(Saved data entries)
========

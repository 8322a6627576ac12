// Inputs that come a byte at a time or not at all, and outputs that cannot be written.
use super::check_ended;
use crate::ended::{Ended, finish};
use crate::{pairboard, pairtext};
use std::alloc::Global;
use std::cell::RefCell;
use std::fmt::Display;
use std::io;
use std::io::Read;
use std::process::{Abort, ExitCode};
use std::test::Fail;

// Gives a byte at each reading.
#[derive(Drop)]
struct OneByOne<'a>(&'a [u8]);

impl Read for OneByOne<'_> {
    fn read(&mut self, buf: &mut [u8]) -> io::Result<usize> {
        match (self.0, buf) {
            ([first, rest @ ..], [place, ..]) => {
                *place = *first;
                self.0 = rest;
                Ok(1)
            }
            _ => Ok(0),
        }
    }
}

#[derive(Drop)]
struct Unreadable;

impl Read for Unreadable {
    fn read(&mut self, _buf: &mut [u8]) -> io::Result<usize> {
        Err(io::Error::from(io::ErrorKind::PermissionDenied))
    }
}

#[test]
fn a_byte_at_a_time(rt: HostRuntime) -> Result<(), Fail> {
    let stream = OneByOne(&[1, 0, 0, 0, 1, 5, 0, 1]);
    let played = pairboard::run(rt.alloc(), &["pairboard"], stream);
    check_ended(&rt, played, b"ok\nwith 0\n0 1\n", "", 0)?;
    let text = OneByOne(b"depart 4 # gone");
    let encoded = pairtext::run(rt.alloc(), &["pairtext"], text);
    check_ended(&rt, encoded, &[4, 0, 4], "", 0)
}

#[test]
fn input_that_fails(rt: HostRuntime) -> Result<(), Fail> {
    let message = "the input cannot be read: permission denied\n";
    let played = pairboard::run(rt.alloc(), &["pairboard"], Unreadable);
    check_ended(&rt, played, &[], message, 1)?;
    let encoded = pairtext::run(rt.alloc(), &["pairtext"], Unreadable);
    check_ended(&rt, encoded, &[], message, 1)
}

// Keeps what is written last, and writes no output where it is full.
#[derive(Drop)]
struct Terminal {
    heap: Global,
    full: bool,
    output: RefCell<String>,
    message: RefCell<String>,
}

impl Terminal {
    fn new(heap: Global, full: bool) -> Terminal {
        Terminal {
            heap,
            full,
            output: RefCell::new(String::new(heap)),
            message: RefCell::new(String::new(heap)),
        }
    }
}

fn keep(place: &RefCell<String>, text: String) -> io::Result<()> {
    match place.try_replace(text) {
        Ok(_) => Ok(()),
        Err(_) => Err(io::Error::from(io::ErrorKind::Other)),
    }
}

impl Print for Terminal {
    fn print<D: Display + Drop>(&self, value: D) -> io::Result<()> {
        keep(&self.output, format!(in self.heap; "{value}")?)
    }

    fn println<D: Display + Drop>(&self, value: D) -> io::Result<()> {
        keep(&self.output, format!(in self.heap; "{value}\n")?)
    }

    fn write_all(&self, bytes: &[u8]) -> io::Result<()> {
        if self.full {
            return Err(io::Error::from(io::ErrorKind::StorageFull));
        }
        keep(&self.output, String::from_utf8_lossy(self.heap, bytes)?)
    }
}

impl Eprint for Terminal {
    fn eprint<D: Display + Drop>(&self, value: D) -> io::Result<()> {
        keep(&self.message, format!(in self.heap; "{value}")?)
    }

    fn eprintln<D: Display + Drop>(&self, value: D) -> io::Result<()> {
        keep(&self.message, format!(in self.heap; "{value}\n")?)
    }
}

fn check_kept(rt: &impl Abort, place: &RefCell<String>, text: &str) -> Result<(), Fail> {
    let kept = place.try_borrow().ok().ok_or("not lent")?;
    assert_eq!(rt; kept.as_str(), text);
    Ok(())
}

// What a terminal has kept after a run that ended so, and the exit status.
fn check_finish(
    rt: &(impl Abort + AllocGlobal),
    full: bool,
    ended: io::Result<Ended>,
    output: &str,
    message: &str,
    status: u8,
) -> Result<(), Fail> {
    let terminal = Terminal::new(rt.alloc(), full);
    assert!(rt; finish(&terminal, ended) == ExitCode::from(status));
    check_kept(rt, &terminal.output, output)?;
    check_kept(rt, &terminal.message, message)
}

fn said(heap: Global, status: u8) -> io::Result<Ended> {
    let mut output = Vec::new(heap);
    output.extend_from_slice(b"ok\n")?;
    Ok(Ended {
        output,
        message: format!(in heap; "one sentence\n")?,
        status,
    })
}

#[test]
fn finishes(rt: HostRuntime) -> Result<(), Fail> {
    let heap = rt.alloc();
    for status in [0, 1, 2] {
        let ended = said(heap, status);
        check_finish(&rt, false, ended, "ok\n", "one sentence\n", status)?;
    }
    let full = "the output cannot be written: no storage space\n";
    check_finish(&rt, true, said(heap, 0), "", full, 1)?;
    let none = Err(io::Error::from(io::ErrorKind::OutOfMemory));
    let message = "the program cannot run: out of memory\n";
    check_finish(&rt, false, none, "", message, 1)
}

========

• **Task brief**:
Reproduce every line above that contains the string "written".

• **Exercise answer**:
// Inputs that come a byte at a time or not at all, and outputs that cannot be written.
// Keeps what is written last, and writes no output where it is full.
    let full = "the output cannot be written: no storage space\n";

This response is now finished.